# So what is this tescos water?



## dmrich (Nov 29, 2007)

Hi 

Currently I use rain water for my amphibs that is collected from my shed roof - however I was thinking of changing to the bottled spring water and everybody seems to suggest using 17p bottles from Tescos. 

My question is which brand is this (name) or what should i be looking out for if I were to buy spring water from another chain of supermarket (I assume that it is the chlorides in the water but I have no idea what is too much when I look at the breakdown of minerals on the back).

Would like to hear from someone who knows what I should be avoiding before choosing/using spring water with my amphibs?


----------



## Art_Gecko101 (May 6, 2006)

personally i wouldnt bother, i use aquavite (exoterra water conditioner) for the water for all my herps and its so much easier.


----------



## linda.t (Sep 28, 2007)

i would say it there value water but not sure i use evian bottled water for all my reptiles and frogs.


----------



## Stoke Lad (Jan 26, 2007)

Yeah collecting rain water is not a good idea, by the time the water has hit your roof it has a lot more nasty chemicals in it from pollution than tap water.

For some reason i don't trust water purifiers.

i use bottled water.


----------



## Meko (Apr 29, 2007)

Tesco's water is just as it says. Tesco's water, just cheap bottles of water. You don't have to go to Tesco, Asda have their smart price water and all the other shops will as well.


----------



## dmrich (Nov 29, 2007)

Thanks for the replies : victory:

I know that all spring waters have different levels of the various chemicals, and I just wanted to make sure that I didn't use a brand of water that still had dangerous amounts of chemicals (for amphibians) in it. The breakdown of the mineral content is not on the website here so if anybody can tell me what to look out for that would be great (for example not greater than 3.5mg of Chloride etc etc).

Tesco Value Still Water 2 Litre Bottle product information - Tesco.com

Sorry to go on about it but I just want to get it right and give my animals the optimum water.


----------



## Brat (Oct 7, 2007)

I use tap water, my reptiles aren't snobs LOL.



Erm yeah, that was a joke.


----------



## Art_Gecko101 (May 6, 2006)

Brat, the reason you cant use straight tapwater as it had chlorine and chlorides added to it which are harmful to amphibians (and reptiles i believe to a lesser extent) over time. you need to get a water conditioner


----------



## Shadow_Eyed (Dec 24, 2007)

Im a member of costco (big cash and carry type place) costs £3 for 35 bottles of water!! So thats what my snakeys get!!


----------



## Brat (Oct 7, 2007)

We have a Brita filter jug that all our tapwater goes through (For the kettle and everything) as my other half reckons the water round here is crappy or something? Dunno if that's any good though?


----------



## Art_Gecko101 (May 6, 2006)

no it wont get rid of the chlorides.


----------



## Jez1 (Jan 5, 2008)

If you leave the tap water to stand for a day or so the chloride level should reduce to safe levels, the atmosphere has a much lesser concentration than the tap water and so it is just a matter of time.


----------



## Art_Gecko101 (May 6, 2006)

However you need to check to see if your region has Chloramines added to the water also, because if it does then the above doesnt work. Hence why i dont chance it


----------



## lightbulb1976 (Dec 24, 2006)

i have a reverse osmosis machine, (RO unit).
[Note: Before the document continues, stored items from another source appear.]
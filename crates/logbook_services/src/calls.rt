// The calls of logbooks.
ghost use Rattle.std.specs.Prelude.{◌≡◌, ◌⊎◌, ℕ, List, length, IfOk, OnOk, OnErr, MatchResult};
ghost use Rattle.apex_model.specs.Accepted.{IsAccepted};
ghost use Rattle.apex_model.specs.Logbooks as logbooks;
ghost use Rattle.apex_model.specs.Logbooks.{LogbookSystem, logbook_service, logbook_step};
ghost use Rattle.apex_model.specs.Outcomes.{reply_of, state_after};
ghost use Rattle.rig_core.specs.Bytes.{SameElsewhere};
ghost use Rattle.rig_core.specs.Causes.{Rose};
ghost use Rattle.rig_core.specs.Leaves.{Leaves, LeavesElsewhere};
ghost use Rattle.rig_core.specs.Outside.{Later, MakesAtMost};
ghost use Rattle.logbook_store.specs.Logs.{AreBeforeOrAfter, AreLaidOut, AreSettled, AreWithin, sites_of};
ghost use Rattle.logbook_store.specs.declared.book.Book.{Book};
ghost use Rattle.service_parts.specs.Told.{IsTellable};
ghost use Rattle.logbook_services.specs.Standing.{Stands, IsOfTable, IsServing};
ghost use Rattle.logbook_services.specs.Steps.{IsAnswered, IsServed, Takes, TakesNone, most_writes};

use crate::finding::{named, on_book};
use crate::made::MadeMarks;
use apex_types::{LogbookCall, Mode, PartitionId, Reply, ReturnCode, Table, Values};
use logbook_store::Logs;
use rig_core::{DeviceFault, Rig};
use service_parts::{is_idle, is_normal, refused, success};

/// CREATE_LOGBOOK: the logbook's id.
fn create_logbook(
    table: &Table,
    made: &mut MadeMarks,
    p: PartitionId,
    mode: Mode,
    name: &[u8],
) -> Reply
    requires accepted { IsAccepted table.now }
    requires long { length made.old ≡ length table.now.logbooks }
    ensures { (logs : List Book) → IsAnswered table.now (λ system. logbooks.create_logbook table.now system p.0 mode name.now) logs made.old logs made.new result }
{
    if is_normal(mode) {
        return refused(ReturnCode::InvalidMode);
    }
    let Some((place, k)) = named(table, p, name) else {
        return refused(ReturnCode::InvalidConfig);
    };
    if made.is_made(k) {
        return refused(ReturnCode::NoAction);
    }
    made.make(k);
    success(Values::Number(place as u32 + 1))
}

/// The number of a logbook that takes a message, and whether it has room for one more in progress, or the reason why
/// there is none.
fn on_message(
    table: &Table,
    logs: &Logs,
    made: &MadeMarks,
    p: PartitionId,
    id: u32,
    bytes: &[u8],
) -> Result<(u32, bool), ReturnCode>
    requires accepted { IsAccepted table.now }
    requires of_table { IsOfTable table.now logs.now made.now }
    ensures { MatchResult result (λ found. Takes table.now logs.now made.now p.0 id bytes.now found.0 found.1) (λ code. TakesNone table.now logs.now made.now p.0 id bytes.now code) }
{
    let Some((k, row)) = on_book(table, made, p, id) else {
        return Err(ReturnCode::InvalidParam);
    };
    if bytes.is_empty() {
        return Err(ReturnCode::InvalidParam);
    }
    if bytes.len() > usize::from(row.message_size) {
        return Err(ReturnCode::InvalidParam);
    }
    let counts = logs.counts(k);
    if counts.life + counts.progress == u32::MAX {
        return Err(ReturnCode::InvalidConfig);
    }
    let limit = u32::from(row.in_progress);
    Ok((k, counts.progress < limit))
}

/// WRITE_LOGBOOK: a message more in progress.
fn write_logbook(
    table: &Table,
    logs: &mut Logs,
    made: &MadeMarks,
    p: PartitionId,
    id: u32,
    bytes: &[u8],
) -> Reply
    requires accepted { IsAccepted table.now }
    requires of_table { IsOfTable table.now logs.old made.now }
    ensures { IsAnswered table.now (λ system. logbooks.write_logbook table.now system p.0 id bytes.now) logs.old made.now logs.new made.now result }
{
    let (k, has_room) = match on_message(table, logs, made, p, id, bytes) {
        Err(code) => return refused(code),
        Ok(found) => found,
    };
    if !has_room {
        return refused(ReturnCode::NotAvailable);
    }
    logs.add(k, bytes);
    success(Values::Empty)
}

/// OVERWRITE_LOGBOOK: a message more in progress, or in place of the newest where there is no room.
fn overwrite_logbook(
    table: &Table,
    logs: &mut Logs,
    made: &MadeMarks,
    p: PartitionId,
    id: u32,
    bytes: &[u8],
) -> Reply
    requires accepted { IsAccepted table.now }
    requires of_table { IsOfTable table.now logs.old made.now }
    ensures { IsAnswered table.now (λ system. logbooks.overwrite_logbook table.now system p.0 id bytes.now) logs.old made.now logs.new made.now result }
{
    let (k, has_room) = match on_message(table, logs, made, p, id, bytes) {
        Err(code) => return refused(code),
        Ok(found) => found,
    };
    if has_room {
        logs.add(k, bytes);
        return success(Values::Empty);
    }
    logs.replace_newest(k, bytes);
    success(Values::Empty)
}

/// READ_LOGBOOK: the entry of a number, counted from the newest on.
fn read_logbook<R: Rig>(
    table: &Table,
    logs: &Logs,
    made: &MadeMarks,
    rig: &mut R,
    p: PartitionId,
    id: u32,
    number: u32,
) -> Result<Reply, DeviceFault>
    requires accepted { IsAccepted table.now }
    requires of_table { IsOfTable table.now logs.now made.now }
    requires laid_out { AreLaidOut (sites_of logs.now) (R.state rig.old).size }
    requires settled { AreSettled (sites_of logs.now) (R.state rig.old) }
    ensures { IsServed R.tells_view 0 table.now (λ system. logbooks.read_logbook table.now system p.0 id number) logs.now made.now logs.now made.now (R.state rig.old) (R.state rig.new) result }
{
    let Some((k, _row)) = on_book(table, made, p, id) else {
        return Ok(refused(ReturnCode::InvalidParam));
    };
    if number == 0 {
        return Ok(refused(ReturnCode::InvalidParam));
    }
    let counts = logs.counts(k);
    if u64::from(number) > u64::from(counts.progress) + u64::from(counts.logged) {
        return Ok(refused(ReturnCode::NotAvailable));
    }
    match logs.entry(rig, k, number) {
        Err(fault) => Err(fault),
        Ok((state, bytes)) => Ok(success(Values::Entry { state, bytes })),
    }
}

/// CLEAR_LOGBOOK: no message is logged or in progress.
fn clear_logbook<R: Rig>(
    table: &Table,
    logs: &mut Logs,
    made: &MadeMarks,
    rig: &mut R,
    p: PartitionId,
    id: u32,
) -> Result<Reply, DeviceFault>
    requires accepted { IsAccepted table.now }
    requires of_table { IsOfTable table.now logs.old made.now }
    requires laid_out { AreLaidOut (sites_of logs.old) (R.state rig.old).size }
    requires settled { AreSettled (sites_of logs.old) (R.state rig.old) }
    requires stand { R.tells_view → (system : LogbookSystem) × Stands table.now logs.old made.now (R.state rig.old).view system }
    ensures { IsServed R.tells_view 3 table.now (λ system. logbooks.clear_logbook table.now system p.0 id) logs.old made.now logs.new made.now (R.state rig.old) (R.state rig.new) result }
{
    let Some((k, _row)) = on_book(table, made, p, id) else {
        return Ok(refused(ReturnCode::InvalidParam));
    };
    match logs.clear(rig, k) {
        Err(fault) => Err(fault),
        Ok(()) => Ok(success(Values::Empty)),
    }
}

/// GET_LOGBOOK_ID.
fn get_logbook_id(table: &Table, made: &MadeMarks, p: PartitionId, name: &[u8]) -> Reply
    requires accepted { IsAccepted table.now }
    requires long { length made.now ≡ length table.now.logbooks }
    ensures { (logs : List Book) → IsAnswered table.now (λ system. logbooks.get_logbook_id table.now system p.0 name.now) logs made.now logs made.now result }
{
    let Some((place, k)) = named(table, p, name) else {
        return refused(ReturnCode::InvalidConfig);
    };
    if !made.is_made(k) {
        return refused(ReturnCode::InvalidConfig);
    }
    success(Values::Number(place as u32 + 1))
}

/// GET_LOGBOOK_STATUS.
fn get_logbook_status(
    table: &Table,
    logs: &Logs,
    made: &MadeMarks,
    p: PartitionId,
    id: u32,
) -> Reply
    requires accepted { IsAccepted table.now }
    requires of_table { IsOfTable table.now logs.now made.now }
    ensures { IsAnswered table.now (λ system. logbooks.get_logbook_status table.now system p.0 id) logs.now made.now logs.now made.now result }
{
    let Some((k, row)) = on_book(table, made, p, id) else {
        return refused(ReturnCode::InvalidParam);
    };
    let counts = logs.counts(k);
    success(Values::LogbookStatus {
        message_size: u32::from(row.message_size),
        logged_limit: u32::from(row.logged),
        progress_limit: u32::from(row.in_progress),
        logged: counts.logged,
        progress: counts.progress,
    })
}

/// Carries out a call of a partition that isn't idle.
fn serve<R: Rig>(
    table: &Table,
    logs: &mut Logs,
    made: &mut MadeMarks,
    rig: &mut R,
    p: PartitionId,
    mode: Mode,
    call: &LogbookCall,
) -> Result<Reply, DeviceFault>
    requires accepted { IsAccepted table.now }
    requires of_table { IsOfTable table.now logs.old made.old }
    requires laid_out { AreLaidOut (sites_of logs.old) (R.state rig.old).size }
    requires settled { AreSettled (sites_of logs.old) (R.state rig.old) }
    requires stand { R.tells_view → (system : LogbookSystem) × Stands table.now logs.old made.old (R.state rig.old).view system }
    ensures { IsServed R.tells_view (most_writes call.now) table.now (λ system. logbook_service table.now system p.0 mode call.now) logs.old made.old logs.new made.new (R.state rig.old) (R.state rig.new) result }
{
    match call {
        LogbookCall::Create { name } => Ok(create_logbook(table, made, p, mode, name.bytes())),
        LogbookCall::Write { id, bytes } => {
            Ok(write_logbook(table, logs, made, p, *id, bytes.bytes()))
        }
        LogbookCall::Overwrite { id, bytes } => {
            Ok(overwrite_logbook(table, logs, made, p, *id, bytes.bytes()))
        }
        LogbookCall::Read { id, number } => {
            read_logbook(table, logs, made, rig, p, *id, *number)
        }
        LogbookCall::Clear { id } => clear_logbook(table, logs, made, rig, p, *id),
        LogbookCall::GetId { name } => Ok(get_logbook_id(table, made, p, name.bytes())),
        LogbookCall::GetStatus { id } => Ok(get_logbook_status(table, logs, made, p, *id)),
    }
}

/// Carries out a call, or refuses it where the partition is idle.
fn step<R: Rig>(
    table: &Table,
    logs: &mut Logs,
    made: &mut MadeMarks,
    rig: &mut R,
    p: PartitionId,
    mode: Mode,
    call: &LogbookCall,
) -> Result<Reply, DeviceFault>
    requires accepted { IsAccepted table.now }
    requires of_table { IsOfTable table.now logs.old made.old }
    requires laid_out { AreLaidOut (sites_of logs.old) (R.state rig.old).size }
    requires settled { AreSettled (sites_of logs.old) (R.state rig.old) }
    requires stand { R.tells_view → (system : LogbookSystem) × Stands table.now logs.old made.old (R.state rig.old).view system }
    ensures { IsServed R.tells_view (most_writes call.now) table.now (λ system. logbook_step table.now system p.0 mode call.now) logs.old made.old logs.new made.new (R.state rig.old) (R.state rig.new) result }
{
    if is_idle(mode) {
        return Ok(refused(ReturnCode::InvalidMode));
    }
    serve(table, logs, made, rig, p, mode, call)
}

/// Carries out a logbook call of a partition in a mode, or refuses it. In IDLE every call is refused with INVALID_MODE. A
/// refusal changes nothing, and has a return code and no errno. The names of the calls and the return codes are the
/// public standard's; ids by number, the values and the order of refusals are this project's own. At every moment a cut
/// leaves each logbook as before or as after the call, and reads behind the call show each so, also at a fault. Nothing
/// changes outside the regions of the logbooks. A clear makes at most 3 writes and 3 syncs, and no other call makes any.
/// A fault comes only where the rig's read or write faults rose; the logbooks are of no use for more calls then. No memory
/// is taken.
pub fn logbook_call<R: Rig>(
    table: &Table,
    logs: &mut Logs,
    made: &mut MadeMarks,
    rig: &mut R,
    p: PartitionId,
    mode: Mode,
    call: &LogbookCall,
) -> Result<Reply, DeviceFault>
    requires accepted { IsAccepted table.now }
    requires of_table { IsOfTable table.now logs.old made.old }
    requires laid_out { AreLaidOut (sites_of logs.old) (R.state rig.old).size }
    requires settled { AreSettled (sites_of logs.old) (R.state rig.old) }
    requires valid { R.tells_view → IsServing table.now logs.old made.old (R.state rig.old).view }
    ensures of_table { IsOfTable table.now logs.new made.new }
    ensures sites { sites_of logs.new ≡ sites_of logs.old }
    ensures reply { (system : LogbookSystem) → R.tells_view → Stands table.now logs.old made.old (R.state rig.old).view system → IfOk result (λ reply. reply ≡ reply_of (logbook_step table.now system p.0 mode call.now)) }
    ensures state { (system : LogbookSystem) → R.tells_view → Stands table.now logs.old made.old (R.state rig.old).view system
        → OnOk result (Stands table.now logs.new made.new (R.state rig.new).view (state_after system (logbook_step table.now system p.0 mode call.now))) }
    ensures valid { R.tells_view → OnOk result (IsServing table.now logs.new made.new (R.state rig.new).view) }
    ensures any_moment { (system : LogbookSystem) → R.tells_view → Stands table.now logs.old made.old (R.state rig.old).view system
        → Leaves (AreBeforeOrAfter (sites_of logs.old) system.books (state_after system (logbook_step table.now system p.0 mode call.now)).books) (R.state rig.old) (R.state rig.new) }
    ensures shown { (system : LogbookSystem) → R.tells_view
        → Stands table.now logs.old made.old (R.state rig.old).view system
        → AreBeforeOrAfter (sites_of logs.old) system.books
        (state_after system (logbook_step table.now system p.0 mode call.now)).books
        (R.state rig.new).view }
    ensures outside { (at n : ℕ) → AreWithin at n (sites_of logs.old) → LeavesElsewhere at n (R.state rig.old) (R.state rig.new) }
    ensures outside_view { (at n : ℕ) → AreWithin at n (sites_of logs.old) → R.tells_view → SameElsewhere at n (R.state rig.old).view (R.state rig.new).view }
    ensures settled { OnOk result (AreSettled (sites_of logs.new) (R.state rig.new)) }
    ensures tellable { IfOk result IsTellable }
    ensures later { Later (R.state rig.old) (R.state rig.new) }
    ensures made { MakesAtMost (most_writes call.now) (most_writes call.now) 0
        (R.state rig.old) (R.state rig.new) }
    ensures cause { OnErr result (Rose (R.state rig.old).read_faults (R.state rig.new).read_faults ⊎ Rose (R.state rig.old).write_faults (R.state rig.new).write_faults) }
{
    step(table, logs, made, rig, p, mode, call)
}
takes a while but it works.

sean


----------



## Jez1 (Jan 5, 2008)

Art_Gecko101 said:


> However you need to check to see if your region has Chloramines added to the water also, because if it does then the above doesnt work. Hence why i dont chance it


Oh sorry that is quite correct, I know that my area does not use them and sometimes forget that there is a world beyond mine. Chloramines are very stable in water and transitions to the atmosphere are strongly supressed and so it is unfeasable to remove them by allowing time for them to evaporate. Call your local waterboard to determine if they are present or not


----------



## arthur cooke (Jan 22, 2008)

Fluoride is also a danger, or it will be soon. RO is a good solution, I use RO and the price is coming down. Here's where I bought mine, does 50 gallons per 24 hours. Charterhouse Aquatics

Many tropical fish shops will do them. They are not difficult to find.
cheers arthur


----------



## madelene (Aug 24, 2006)

It would work out way to expensive if I bought water for my crew so I use a water conditioner and use RO water when hubby isn't looking...he uses it for his plants.

Maddie


----------



## frodo (Feb 11, 2008)

*water*

always used supermarkets own or whatever i can get in the shop. children used tap water for my first froggie friend(white lipped tree frog).She died. my native frogs in the garden didn t like the pond wtaer, so i agree with most ,bottled water is best but i never checked mineral content as unless it came from a rain forest i wouln t be extact!.


----------



## dmrich (Nov 29, 2007)

Thanks - so every supermarket bottled still spring water should be fine.

The RO sounds like a good idea but it is quite a big initial outlay.


----------



## jdf (Feb 7, 2008)

With R/O water, don't you have to add back some of the salts lost in the R/O process?
Otherwise frog/toads will suffer with kidney problems as you get an electrolyte imbalance !!!
I thought pure R/O water was not a good thing.....


----------



## beege_3 (May 20, 2005)

You could always go to your local marine fish retailer, they normally sell RO water..


----------



## The Fool (Aug 23, 2007)

Meko said:


> Tesco's water is just as it says. Tesco's water, just cheap bottles of water. You don't have to go to Tesco, Asda have their smart price water and all the other shops will as well.


Water veteran!


----------